Are you around? Please P.M. me.

Thanks


----------



## Slick fishing (Sep 25, 2002)

If it wasent so cold out I would say she would be playing tennis:lol:.. If she does not get a ahold of you give me a shout I got her number..Cya Slick


----------



## RIVER LADY (Jun 13, 2005)

I tried to help but I obviously screwed her number up when I put it in my cell phone. I did however get ahold of some guys wife that had a millions questios for me.:yikes: Oops!!!:lol:

Slick, just call her and give her a heads up. She may not surface for a few days being fall time you now.
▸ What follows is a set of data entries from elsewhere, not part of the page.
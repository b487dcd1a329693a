// Writing and reading together. Each law is the contract of a function without a body, over the words
// that the contracts of `write` and `read` cite.
ghost use Rattle.std.specs.Prelude.{◌≡◌, ◌++◌, ◌∷◌, [], ℕ, List, Some, Ok};
ghost use Rattle.plc_cert.specs.declared.cert.Cert.{Cert};
ghost use Rattle.plc_cert.specs.Shape.{json_of, reading};
ghost use Rattle.plc_cert.specs.Written.{cert, text};
ghost use Rattle.plc_cert.specs.Fits.{CertFits, IsInRange, stored, read_back};

/// What reading the text of any certificate answers, also with a line feed after it: that certificate, without the
/// types of shared pointers; that there is no such version, exactly where it is another than 1 and 2; or else that
/// `env` isn't of its form, exactly where a local of some point has guarantees of none of the four sets. A law's
/// numbers have no bound, so it asks that those of the certificate are such as a `Cert` can hold.
pub fn each_text_has_its_answer()
    ensures { (c : Cert) → IsInRange c
        → (reading (text c) ≡ read_back c) × (reading (text c ++ 10 ∷ []) ≡ read_back c) }
{}

/// The text of a certificate of version 1 or 2 whose guarantees are of the four sets is read as that
/// certificate, without the types of shared pointers. That its other numbers are in range is so of every
/// `Cert`.
pub fn written_is_read()
    ensures { (c : Cert) → CertFits c → reading (text c) ≡ Ok (stored c) }
{}

/// The text of such a certificate with a line feed after it is read as that certificate too.
pub fn line_is_read()
    ensures { (c : Cert) → CertFits c → reading (text c ++ 10 ∷ []) ≡ Ok (stored c) }
{}

/// Bytes that are read are, as a JSON value, the one that their certificate is written as; the version of
/// that certificate is 1 or 2, and its guarantees are of the four sets.
pub fn only_written_is_read()
    ensures { (bytes : List ℕ) (c : Cert) → reading bytes ≡ Ok c
        → (json_of bytes ≡ Some (cert c)) × CertFits c }
{}
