//! Certificates as JSON: what `write` writes, `read` reads as it was, but for the types of shared
//! pointers, which the text doesn't have.
//!
//! A certificate shows that a file is safe: an environment for each point and a tree for each
//! obligation. Whether it is valid for a file is judged elsewhere; here is its form alone, which
//! docs/formats.md states. Both directions follow definitions of their own, `specs/Written.antt` from
//! certificates to JSON values and `specs/Shape.antt` back, so that one format stands there twice; the
//! laws of the crate say that the two agree. The crate stands on `plc_type` for environments, on
//! `plc_ground` for trees and on `serde_json` for JSON.
#![tactic(auto)]

mod cert;
mod env;
mod laws;
mod node;
mod number;
mod part;
mod reading;
mod writing;

pub use cert::{Cert, CertFault, CertField};
pub use laws::{each_text_has_its_answer, line_is_read, only_written_is_read, written_is_read};
pub use reading::read;
pub use writing::write;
Between the deer the birds and lord knows what else, it cold be awhile.


----------



## ERnurse (Jan 22, 2004)

Funny--I just read this post tonight 11/17, havent been on here --LOL. You were right RL it is that time of year, tough for me to get inside and be on the computer 

Slick--no tennis now--I am dedicated to hunting 

got a buck on the openeing morning, just want to get a big boy then I will get back to the ducks and birds


----------



## RIVER LADY (Jun 13, 2005)

ERnurse said:


> Funny--I just read this post tonight 11/17, havent been on here --LOL. You were right RL it is that time of year, tough for me to get inside and be on the computer
> 
> Slick--no tennis now--I am dedicated to hunting
> 
> got a buck on the openeing morning, just want to get a big boy then I will get back to the ducks and birds


Congrts on the buck. Where a pic?


----------



## ERnurse (Jan 22, 2004)

No pic, I dont usually take photos of gun bucks unless they are big ones. Just meat on the table. He was a 2 1/2 year old spike. Big body, no horns, just long spikes with alot of girth to them, he needed to be culled


----------



## RIVER LADY (Jun 13, 2005)

I completely understand. 
As I too always have a method for the madness.:evil::lol:


----------